The authors point to cosmetic surgery (where there virtually are no third-party payers) as an example of the value-based competition they applaud. They could have gone further. Wherever we find competition based on price—walk-in clinics in shopping malls, online sellers of drugs and medical tests, and Wal- Mart’s new $4 price for a month of generic drugs—the patient is invariably paying the bill.

Although the authors are favorable toward Health Savings Accounts and consumer directed health care, they do not mention a wider point. In today’s medical marketplace, doctors are unable to be entrepreneurial because the bundles and the prices have already been determined for them by third-party payer bureaucracies. To appreciate this fact, consider a world without third-party payment. Here is an imaginary conversation with a doctor speaking to a diabetic patient (my own example, not P&T’s): “You do not need to come to my office as often as you do. Most of our communication can be by telephone or email. For these consultations, you will pay less. I need to put your records on a computer so that I can take advantage of safety protocols and order your prescriptions electronically. For these quality improvements, you will pay a bit more. I’m also going to teach you how to manage your own care, and I’m going to charge for the instruction. But you’ll get your money back through fewer consultations. Also, I’m going to show you how to cut your drug costs by shopping in a national online marketplace, and I’m going to charge you for that advice as well. But you’ll get that money back, too, through lower drug prices.”

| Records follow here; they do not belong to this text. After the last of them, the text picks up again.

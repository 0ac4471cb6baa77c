//! The slots of the pages, each read once, and the first that meets an earlier one.

ghost use Rattle.std.specs.Prelude.{◌≡◌, ℕ, ◌<◌, None, MatchOption, OnOk, ◌+◌, ◌*◌, ◌^◌, ◌≤◌, ◌∷◌, ◌++◌, [], true, length, is_some, IfErr, ◌-◌, IsTrue, Err, IfOk};
ghost use Rattle.rpm_pkgdb.specs.Prelude.{MapWithOne, AreNumbered, ArePages, ArePairs, AreRight, AreKeysRising, AreRisingTo, AreSound, CanKeep, end_of, fault_of, Files, find_in, get, has_number, HasPlaces, is_used, IsTableIndexed, IsInOrder, IsKnown, IsLast, AreSlotsRead, list_any, first_shared_fault, slots_meet, nat_cmp, Pkg, ReadsOr, DamageIs, SaysHere, shared_fault, shared_reason, slots_in, slot_units, table_fault};

use crate::keys::{Order, numbers_if_apart};
use crate::numbers::Numbers;
use crate::reading::{Reading, Rising, read_pieces};
use crate::slot::{OpenFault, Reason, Slot, damage_at};
use rpm_outside::Disk;
use std::alloc::{AllocError, Global};
use std::collections::BTreeMap;

/// The end of the last range that begins before a block.
pub fn last_before(ranges: &BTreeMap<u32, u32>, block: u32) -> Option<u32>
    ensures { MatchOption result ((from : ℕ) → from < block → get nat_cmp ranges.now from ≡ None) (IsLast (λ q. get nat_cmp ranges.now q) block) }
{
    match ranges.range(0..block).next_back() {
        Some((_, end)) => Some(*end),
        None => None,
    }
}

/// Puts a value at a key that is new, or in the place of an old one.
pub fn put(map: &mut BTreeMap<u32, u32>, key: u32, value: u32) -> Result<(), AllocError>
    ensures { OnOk result (MapWithOne (λ q. get nat_cmp map.old q) (λ q. get nat_cmp map.new q) key value) }
{
    map.insert(key, value)?;
    Ok(())
}

/// The slots so far, with two maps of the used ones, so that a slot is compared with one neighbour and not with all
/// earlier ones.
#[derive(Drop)]
pub struct Opening {
    pub slots: Vec<Slot>,
    /// From a number to its slot's place.
    pub numbers: BTreeMap<u32, u32>,
    /// From a first block to the end of its range.
    pub ranges: BTreeMap<u32, u32>,
}

impl Opening {
    pub fn new(alloc: Global) -> Opening
        ensures known { IsKnown result }
        ensures slots { result.slots.items ≡ [] }
    {
        Opening {
            slots: Vec::new(alloc),
            numbers: BTreeMap::new(alloc),
            ranges: BTreeMap::new(alloc),
        }
    }

    /// Whether a used slot has this number.
    fn has_number(&self, number: u32) -> bool
        requires { IsKnown self.now }
        ensures { result ≡ list_any (has_number number) self.now.slots.items }
    {
        self.numbers.contains_key(&number)
    }

    /// Whether a slot's blocks meet those of a used slot.
    fn overlaps(&self, slot: Slot) -> bool
        requires known { IsKnown self.now }
        requires end { end_of slot ≤ 2 ^ 28 }
        ensures { result ≡ list_any (slots_meet slot) self.now.slots.items }
    {
        // The ranges so far are apart, so of those that begin before the slot's end only the last can reach into it.
        match last_before(&self.ranges, slot.offset + slot.count) {
            None => false,
            Some(end) => slot.offset < end,
        }
    }

    /// What is wrong with a slot beside the earlier ones.
    #[tactic(auto, unfolding(crate::specs::Damages::shared_reason))]
    fn shared_reason(&self, slot: Slot) -> Option<Reason>
        requires known { IsKnown self.now }
        requires end { is_used slot ≡ true → end_of slot ≤ 2 ^ 28 }
        ensures { result ≡ shared_reason self.now.slots.items slot }
    {
        if slot.offset == 0 {
            return None;
        }
        if self.has_number(slot.number) {
            return Some(Reason::SameNumber);
        }
        if self.overlaps(slot) {
            return Some(Reason::Overlap);
        }
        None
    }

    fn push(&mut self, slot: Slot) -> Result<(), AllocError>
        requires can { CanKeep self.old slot }
        requires fresh { shared_reason self.old.slots.items slot ≡ None }
        ensures known { OnOk result (IsKnown self.new) }
        ensures slots { OnOk result (self.new.slots.items ≡ self.old.slots.items ++ slot ∷ []) }
    {
        if slot.offset == 0 {
            self.slots.push(slot)?;
            return Ok(());
        }
        put(&mut self.numbers, slot.number, self.slots.len() as u32)?;
        put(&mut self.ranges, slot.offset, slot.offset + slot.count)?;
        self.slots.push(slot)?;
        Ok(())
    }

    /// Adds the next slot, or says what is wrong with it beside the earlier ones.
    pub fn add(&mut self, slot: Slot) -> Result<(), OpenFault>
        requires { CanKeep self.old slot }
        ensures known { OnOk result (IsKnown self.new) }
        ensures slots { OnOk result (self.new.slots.items ≡ self.old.slots.items ++ slot ∷ []) }
        ensures sound { OnOk result (shared_fault self.old.slots.items slot ≡ None) }
        ensures says { IfErr result (λ e. SaysHere e (shared_fault self.old.slots.items slot)) }
    {
        if let Some(reason) = self.shared_reason(slot) {
            let place = 2 + self.slots.len() as u64;
            return Err(OpenFault::Damaged(damage_at(place, reason)));
        }
        self.push(slot)?;
        Ok(())
    }
}

/// All slots, none of them damaged, and where the slot of each number is.
#[derive(Drop)]
pub struct Table {
    pub slots: Vec<Slot>,
    pub numbers: Numbers,
    /// The place of the first free slot, and the end where there is none.
    pub free_from: u32,
}

/// The numbers of slots with their places, or the first slot that meets an earlier one: each beside the earlier ones.
fn exact_numbers(alloc: Global, slots: &[Slot]) -> Result<Numbers, OpenFault>
    requires { AreRight slots.now }
    ensures places { IfOk result (λ numbers. HasPlaces (find_in numbers.pairs) slots.now) }
    ensures sound { OnOk result (first_shared_fault [] slots.now ≡ None) }
    ensures says { IfErr result (λ e. SaysHere e (first_shared_fault [] slots.now)) }
{
    let mut opening = Opening::new(alloc);
    for k in 0..slots.len() {
        opening.add(slots[k])?;
    }
    let numbers = Numbers::from_map(alloc, opening.numbers)?;
    Ok(numbers)
}

/// The numbers of slots with their places, or the first slot that shares its number or a block with an earlier one.
fn numbers_of(
    alloc: Global,
    slots: &[Slot],
    pairs: Vec<(u32, u32)>,
    numbers_rise: bool,
    blocks_rise: bool,
) -> Result<Numbers, OpenFault>
    requires right { AreRight slots.now }
    requires pairs { ArePairs Order.Number slots.now (length slots.now) pairs.items }
    requires numbers { numbers_rise ≡ true → (end : ℕ) × AreKeysRising Order.Number slots.now pairs.items (length pairs.items) end }
    requires blocks { blocks_rise ≡ true → (end : ℕ) × AreRisingTo slots.now (length slots.now) end }
    ensures places { IfOk result (λ numbers. HasPlaces (find_in numbers.pairs) slots.now) }
    ensures sound { OnOk result (first_shared_fault [] slots.now ≡ None) }
    ensures says { IfErr result (λ e. SaysHere e (first_shared_fault [] slots.now)) }
{
    match numbers_if_apart(alloc, slots, pairs, numbers_rise, blocks_rise)? {
        Some(numbers) => Ok(numbers),
        None => exact_numbers(alloc, slots),
    }
}

/// The table of slots that are right by themselves, or the first that meets an earlier one.
fn table_of(alloc: Global, rising: Rising) -> Result<Table, OpenFault>
    requires right { AreRight rising.slots.items }
    requires order { IsInOrder rising }
    ensures slots { IfOk result (λ t. t.slots.items ≡ rising.slots.items) }
    ensures indexed { IfOk result IsTableIndexed }
    ensures numbered { IfOk result (λ t. AreNumbered t.slots.items) }
    ensures sound { OnOk result (first_shared_fault [] rising.slots.items ≡ None) }
    ensures says { IfErr result (λ e. SaysHere e (first_shared_fault [] rising.slots.items)) }
{
    let Rising {
        slots,
        pairs,
        free,
        numbers_rise,
        blocks_rise,
        number: _,
        block: _,
    } = rising;
    let numbers = numbers_of(alloc, &slots, pairs, numbers_rise, blocks_rise)?;
    Ok(Table {
        free_from: free.unwrap_or(slots.len() as u32),
        slots,
        numbers,
    })
}

/// The table of slots that were read, or its first damage.
fn table_read(alloc: Global, reading: Reading) -> Result<Table, OpenFault>
    requires right { AreRight reading.rising.slots.items }
    requires order { IsInOrder reading.rising }
    ensures slots { IfOk result (λ t. t.slots.items ≡ reading.rising.slots.items) }
    ensures indexed { IfOk result IsTableIndexed }
    ensures numbered { IfOk result (λ t. AreNumbered t.slots.items) }
    ensures sound { OnOk result (fault_of reading ≡ None) }
    ensures all { OnOk result (reading.reason ≡ None) }
    ensures says { IfErr result (λ e. SaysHere e (fault_of reading)) }
{
    let reason = reading.reason;
    let table = table_of(alloc, reading.rising)?;
    match reason {
        Some(reason) => {
            let place = 2 + table.slots.len() as u64;
            Err(OpenFault::Damaged(damage_at(place, reason)))
        }
        None => Ok(table),
    }
}

/// Reads all slots.
pub fn read_table<D: Disk>(
    alloc: Global,
    disk: &mut D,
    pages: u32,
    units: u64,
) -> Result<Table, OpenFault>
    requires pages { ArePages pages }
    requires within { IsTrue D.tells → 256 * pages ≤ length (D.files disk.old).pkg }
    ensures indexed { IfOk result IsTableIndexed }
    ensures numbered { IfOk result (λ t. AreNumbered t.slots.items) }
    ensures count { IfOk result (λ t. length t.slots.items ≡ 256 * pages - 2) }
    ensures placed { IfOk result (λ t. AreSound pages (2 ^ 28) t.slots.items) }
    ensures slots { IfOk result (λ t. IsTrue D.tells → t.slots.items ≡ slots_in (slot_units pages (D.files disk.old).pkg)) }
    ensures sound { OnOk result (IsTrue D.tells → table_fault pages units (slot_units pages (D.files disk.old).pkg) ≡ None) }
    ensures says { IfErr result (λ e. IsTrue D.tells → DamageIs e (table_fault pages units (slot_units pages (D.files disk.old).pkg))) }
    ensures reads { ReadsOr D.Disk Pkg (16 * (256 * pages - 2)) (result ≡ Err OpenFault.DiskFault) disk.old disk.new }
{
    let rising = Rising::before(alloc, pages)?;
    let reading = read_pieces(disk, rising, pages, units)?;
    table_read(alloc, reading)
}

This conversation cannot take place in the current system because each of the bundles of care mentioned above are services Blue Cross does not pay for. (No e-mail, no telephone, no electronic records, etc.) Medicare doesn’t pay for these bundles either. Nor do most employer plans. However, this conversation, and thousands of others just like it, probably would take place if patients were managing their own health-care dollars and providers competed for their business, just as they do in other markets.

Walk-in clinics provide examples of the service bundles the authors discuss. These clinics are spreading like wildfire around the country, and they developed entirely outside the third-party payment system. Entrepreneurs created their own service bundles and set their own prices. They charged half the normal fee and provided better quality through closer adherence to protocols. Subsequently, most third parties began reimbursing the fees because they have concluded the services are cheaper than the alternatives. But, in doing so, they are paying for more competitively determined bundles at more competitive prices.

Entrepreneurship will eventually find ways around our bureaucratic third-party payment system. The more dollars that are controlled by patients, the faster that change will likely be. Redefining Health Care is an important contribution to understanding how the health care system can and should change.